How To Get From Here To There Using Deductive Reasoning
First documented by Aristotle in the 4th century B.C., deductive reasoning is basically top-down reasoning. Using information from a set of related data, deductive reasoning formulates a logically certain conclusion. For example: “All the female members our family have brown eyes. Mary is a female member of our family. Therefore, Mary has brown eyes.” In this example, the facts regarding the family history of brown eyes lead to the obvious conclusion that Mary’s eyes are brown.
As we advance further into more complicated deductive reasoning, the “facts to conclusion” path remains the same. There are three basic laws of logic that govern all deductive reasoning. The first is the Law of Detachment in which, like the example of brown eyes stated above, a conditional statement is made, a hypothesis is stated, and a logical conclusion is deduced from the information contained in both. The second is the Law of Syllogism in which two conditional statements are used. The conclusion is formed by combining the hypotheses of one conditional statement with the conclusion of the other. (if A = B, and B = C, then A = C). The third is the Law of Contrapositive in which the hypothesis is false if the conclusion of the conditional statement is false. (In winter, there is snow. There is no snow now. Therefore, it is not winter.)
Finally, deductive reasoning is evaluated by the Validity and Soundness of its arguments. A deductive argument is valid if it is impossible for the premises to be true if the conclusion is false. (All people who work ride the bus. Bob works. Therefore, Bob rides the bus.) This argument is not valid because, though Bob may ride the bus, not all people who work do. A deductive argument is sound if it is valid and the premises are true.
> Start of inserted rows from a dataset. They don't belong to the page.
//! Documents read back, as the documents show it.
use crate::tests::equal;
use std::alloc::Global;
use yaml_read::{ReadError, read_document};

/// Returns how many nodes the document of these canonical bytes has; a node with aliases counts once.
fn stored_nodes(alloc: Global, bytes: &[u8]) -> Result<i32, ReadError> {
    let document = read_document(alloc, bytes)?;
    Ok(document.node_count())
}

/// Bytes, and how many nodes their document has.
const STORED: &[(&[u8], Result<i32, ReadError>)] = &[
    (
        b"---\n!!seq [\n  &id001 !!str \"a\",\n  *id001,\n]\n",
        Ok(2),
    ),
    (
        b"---\n!!seq [\n  &id001 !!str \"a\",\n]\n",
        Err(ReadError::NotNumbered),
    ),
];

#[test]
fn an_alias_is_no_node(rt: HostRuntime) {
    for (bytes, wanted) in STORED {
        equal(&rt, &stored_nodes(rt.alloc(), bytes), wanted);
    }
}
Graphing The Results Of Deductive Reasoning
Deductive reasoning is used extensively in the areas of statistics and probability. In statistics, the conclusion is determined by compiling a variation of data points in a given context. These data points can then be graphed to give visual presentation to numerical data. Graphs can be created in a number of different formats. The following are just a few of the options:
Whichever format you choose, using a good graphing calculator makes compiling the data to create the graph much easier. SellYourCalculators.com is the one stop location for all your graphing calculator needs. We sell reasonably priced new and used calculators. We also pay competitive prices to buy back calculators that have served their purpose and are no longer needed.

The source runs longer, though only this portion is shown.